In the scene in question, Shu Lien has demanded that Jen relinquish the Green Destiny, and Jen has refused. This will be the second time they've fought, and this time Jen has come to see Shu Lien. Up to this point, Jen has already used the Green Destiny to hack apart the weapons of her opponents with ease. It is clear that she is well-trained, but the sword itself has a magic, which, combined with her ambition and seeking behavior, is pulling her along through a story that is now out of her control. She thinks she is wielding the sword, but it’s the other way around. Shu Lien, the older and more conservative of the two, sees this self-destructive drive (it’s not hard to see) and will fight to stop it, for Jen’s sake and for everyone else’s.

In the duel that follows, Shu Lien is forced to use a variety of different weapons and techniques, including hand-to-hand grappling and similarly grabby hook swords, comically heavy bludgeoning instruments, and more, in an attempt to get Jen under control. Everything she puts to Jen is chopped to pieces by the Green Destiny. So are whole racks of weapons nearby caught in the crossfire, before Shu Lien can pick them up, as Jen continues to green-steamroll her way through her problems.

Eventually, in a brief pause, we see Shu Lien reach some kind of epiphany and pick up a jian, finally the same type of sword* as the Green Destiny. In the ensuing exchange, she anticipates Jen’s magic blade cutting straight through her own mundane weapon and takes the opportunity to pass through her opponent’s guard and swift the point of the broken sword up to Jen’s throat, asserting clear victory.

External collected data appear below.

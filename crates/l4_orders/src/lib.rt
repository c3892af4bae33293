//! Every order in which the threads of a script can execute their lines, and the outcomes: what `l4 orders` does.
#![tactic(auto)]

mod codes;
mod executing;
mod lacking;
mod laws;
mod numbers;
mod orders;
mod parts;
mod plans;
mod possible;
mod reading;
mod refused;
mod replaying;
mod rules;
mod states;
mod stuck;
mod telling;

pub use codes::line_code;
pub use l4_merges::{Edge, Explored, Found, GaveUp, Seen, Unwatched, Watch};
pub use laws::outcome_is_unique;
pub use numbers::put_number;
pub use orders::{all_orders, watched_orders};
pub use parts::{LineFault, PlanFault};
pub use plans::{Block, Plan, PlanLine};
pub use reading::read_plan;
pub use rules::{breaks_any, broken_rules, rules_text};
pub use telling::{OrderStyle, line_numbers, orders_text, summary_text, witness_text};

The simplest way to say this is that she “manages to defeat Jen with a broken sword.” Of course, it’s way cooler than that. She doesn’t defeat Jen despite her broken sword―as a flex or the equivalent of a sports handicap. She defeats Jen because her sword is broken, and because Jen relies on breaking swords. Her winning tactic is in diametrical opposition to and direct refutation of Jen's unbreakable sword and her confidence in her reckless drive forward.

It’s up to you, I guess, to see how you feel about where the story goes with this. I enjoy the way its many plot threads conclude in sort of unsatisfying ways, such that we are left thinking “Well, damn,” and charged with taking up the problem-of-doing that was left unresolved for us; breaking through, claiming something unbreakable, or finding a way to use that which breaks.


 

*CORRECTION 10/16/24: I watched the scene one more time and realized Shu Lien appears to be wielding a two-handed variation on the jian. It definitely has a longer grip, and is probably longer in the blade as well. (From what I understand, “jian” in the sword context just means a straight, double-edged blade, and the category contains some variety.) From some very superficial looking around online, this sounds to me like an older sort of longsword thing that was not in use during the time when this story is set. Fits nicely with Shu Lien’s almost crusading attitude toward Jen’s rebellion, and nevertheless I think the jian-vs-jian thing is still very clear, especially with the camerawork clearly comparing the elaborate Green Destiny with the unadorned, simple blade and hilt of Shu Lien's sword, which breaks accordingly with her lack of attachment to it.